My last post presented views about the pros and cons of immigration in the US as well as in regard to its political ramifications for Democrats and Republicans. In particular, the evidence suggests that low skill American workers are likely to be adversely impacted by low skill immigrants and immigration is also perceived as a threat to cultural and social cohesion. But we also know that, overall, immigration has been a net plus for this country.
However, as I have pointed in a recent post, statistical assessments based on “average” or “overall” benefits cannot cut it for those groups that feel to bear the brunt of a policy. So how do we decide which immigration policies are optimal? Ideally, we would like to design an immigration policy that while it creates benefits for some it does not create losses for anyone else. This is similar to what welfare economists call a Pareto optimal solution. It appears, though, that in the case of immigration this is pretty much close to impossible. Alternatively, we could design immigration policies that increase the total welfare (utility) of society even if some members’ welfare drops. It seems that this – the so-called utilitarian principle – has been the implicit premise of the US immigration policies. That’s why we like to declare “immigration is good for the country.” Obviously, utilitarianism implies a trade-off of welfare among groups. Trade off some of your welfare so society gains overall.
There is yet a third criterion to consider in evaluating a policy. Those who are the weakest should benefit the most from a policy. This would suggest that we put some restrictions to the inflow of low skill immigrants and expand the inflow of high skill immigrants who would compete against native workers with greater job security. This is what David Frum suggests in his Atlantic piece I cited in my last post. It is also reflected in the recent policy proposal of the Trump administration. Should such immigration ideas be enacted they would satisfy the “America First” political motto of Americans with nationalist priorities. In this case, an official immigration policy would be more favorable to low skill jobs avoided by Americans, as in farming, and to high skill jobs, especially in the STEM (science, technology, engineering, mathematics) fields where there is a serious deficit of native talent. Of course, such a targeted immigration policy may not satisfy the internationalist view that the US should remain a welcoming destination of migrants without imposing criteria driven by narrow national interests.
The problem with adopting a nationalist approach to immigration rules is that it fails to address the reality of the 11 million undocumented immigrants already in the country. It would also be severely tested by immigrants who try to enter the country illegally as they flee lawlessness, violence and economic depravity in their home countries. In recent years, these immigrants have primarily come from Central American countries and have provided the fodder for President Trump’s anti-immigration stance.

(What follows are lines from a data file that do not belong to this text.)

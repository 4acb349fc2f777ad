//! The command `calendar`: its status and its output, with the tables at the end. Expected texts are written by hand.

use batch_cli::{Status, run_words};
use batch_keeper::MemoryKeeper;
use bt_base::Word;
use bt_rows::tables::Tables;
use byte_streams::{MemorySink, MemorySource};
use std::alloc::{AllocError, Global};
use std::test::Fail;

/// Whether the words over this script, empty tables, and a keeper of which the calls of these numbers fail, have this status and an output
/// that begins with this text.
pub fn gives(
    alloc: Global,
    words: &[&str],
    script: &str,
    fails: &[u64],
    status: Status,
    output: &str,
) -> Result<bool, AllocError> {
    let mut all = Vec::new(alloc);
    for word in words {
        let bytes = Vec::from_slice(alloc, word.as_bytes())?;
        all.push(Word::new(bytes))?;
    }
    let bytes = Vec::from_slice(alloc, script.as_bytes())?;
    let mut source = MemorySource::new(bytes, Vec::new(alloc));
    let mut sink = MemorySink::new(alloc, Vec::new(alloc));
    let fails = Vec::from_slice(alloc, fails)?;
    let keeper = MemoryKeeper::new(Tables::empty(alloc), fails);
    let (ended, keeper) = run_words(alloc, all.as_slice(), &mut source, &mut sink, keeper);
    drop(keeper);
    let Some(written) = sink.into_bytes() else {
        return Err(AllocError);
    };
    Ok(ended == status && written.as_slice().starts_with(output.as_bytes()))
}

const LATE: &str = "0 add-pool {\"id\":\"p\",\"targetDedicatedNodes\":1}\n\
    0 add-schedule {\"id\":\"n\",\"schedule\":{\"doNotRunUntil\":\"1970-01-01T00:01:00Z\"},\
    \"jobSpecification\":{\"poolInfo\":{\"poolId\":\"p\"}}}\n60000 tick\n";

const LATE_OUTPUT: &str =
    "1 201\n1 U15 p 1 1\n1 U11 p steady\n2 201\n3 200\n3 fire n-job-1 add-job 201\n";

#[test]
fn calls_of_schedules_are_written_after_the_line(rt: HostRuntime) -> Result<(), Fail> {
    assert!(rt;
        gives(
            rt.alloc(),
            &["calendar"],
            LATE,
            &[],
            Status::Done,
            LATE_OUTPUT
        )?
    );
    Ok(())
}

#[test]
fn a_line_that_is_no_request_is_status_unreadable(rt: HostRuntime) -> Result<(), Fail> {
    let script = "0 add-schedule {}\n";
    let output = "1 400 InvalidPropertyValue id\n";
    assert!(rt;
        gives(
            rt.alloc(),
            &["calendar"],
            script,
            &[],
            Status::UnreadableLines,
            output
        )?
    );
    Ok(())
}

#[test]
fn a_refused_schedule_event_is_no_unreadable_line(rt: HostRuntime) -> Result<(), Fail> {
    let script = "0 delete-schedule n\n";
    let output = "1 404 ScheduleNotFound\n";
    assert!(rt; gives(rt.alloc(), &["calendar"], script, &[], Status::Done, output)?);
    Ok(())
}

#[test]
fn calls_of_schedules_count_for_the_journal(rt: HostRuntime) -> Result<(), Fail> {
    let words = ["calendar", "--journal", "2"];
    let output = "1 201\n1 U15 p 1 1\n1 U11 p steady\n2 201\n3 200\n3 fire n-job-1 add-job full\n";
    assert!(rt; gives(rt.alloc(), &words, LATE, &[], Status::JournalFull, output)?);
    Ok(())
}

#[test]
fn replay_knows_no_schedules(rt: HostRuntime) -> Result<(), Fail> {
    let script = "0 delete-schedule n\n";
    let output = "1 400 UnreadableBody\n";
    assert!(rt;
        gives(
            rt.alloc(),
            &["replay"],
            script,
            &[],
            Status::UnreadableLines,
            output
        )?
    );
    Ok(())
}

Stemming the flow of illegal immigrants who seek an economic and safe haven in the US will require that we go beyond nationalist policies and adopt a more internationalist approach that calls for nation building. This means we need to have coherent and sustained policies that support the countries of Central America to escape the cycles of crime, economic depression, and state dysfunction. There is a model of nation building we can follow in this effort. It’s the European Union. Financial and state-building assistance without the political ties of the EU.
Despite any cynical view that the core founding members of the former European Community expanded for the goal of creating markets for their industries, the main effect of expansion has been the integration of administratively and economically weak countries with the stable and advanced democracies of Western Europe. The weaker countries were states that came out of periods of dictatorship (Greece, Spain, Portugal) or from the Soviet Block. To speed up the growth and advancement of these states, early on, the EU allocated significant capital out of the common budget to promote goals of social, developmental and economic cohesion. For example, the 2014-2020 plan has allocated 807 billion Euros to be distributed on an as-needed basis to the 28 member states. Thus, the Czech Republic is slated to receive about 12 billion Euros and its old partner Slovakia another 7.3 billion Euros. These monies go a long way to upgrade and build new infrastructure, run social assistance programs, improve education, and so on. No matter whatever else one can say against the EU, the fact remains that it has engaged in a nation building effort the world has never seen before.
Interestingly, the US recognized the need to assist Central America (CA) countries, in particular those in the north end of the region, that is, Guatemala, Honduras and El Salvador (the North Triangle). In 2015, Congress approved the sum of $2.6 billion to be distributed to these countries through 2019. Judging from the sharp decline of immigration from Mexico thanks to economic gains following NAFTA, we can conclude that development programs help countries retain their people. Indeed, third-party monitors of these programs have recorded noticeable progress in various areas, like poverty, crime, law and order, and public administration. At the same time, the continuing sizable flows of migrants from CA suggests that the US assistance has not been large enough to stabilize these countries.
Worse even, last April, President Trump announced cuts in these programs as a way to punish (!) the CA countries for sending (!) their destitute people up north. This has been denounced as totally counterproductive but to no avail so far. It is baffling that “America First” nationalism feels comfortable with the reality of a rich and successful homeland surrounded by small impoverished and dysfunctional countries that we can help but refuse to do so.
It is time we recognized that immigration is a challenging issue that affects Americans differently depending on their socio-economic situation. A blend of measures that accommodate national priorities and the internationalist spirit that looks at America as a force of good for weaker and needy countries would be a better way of thinking about immigration.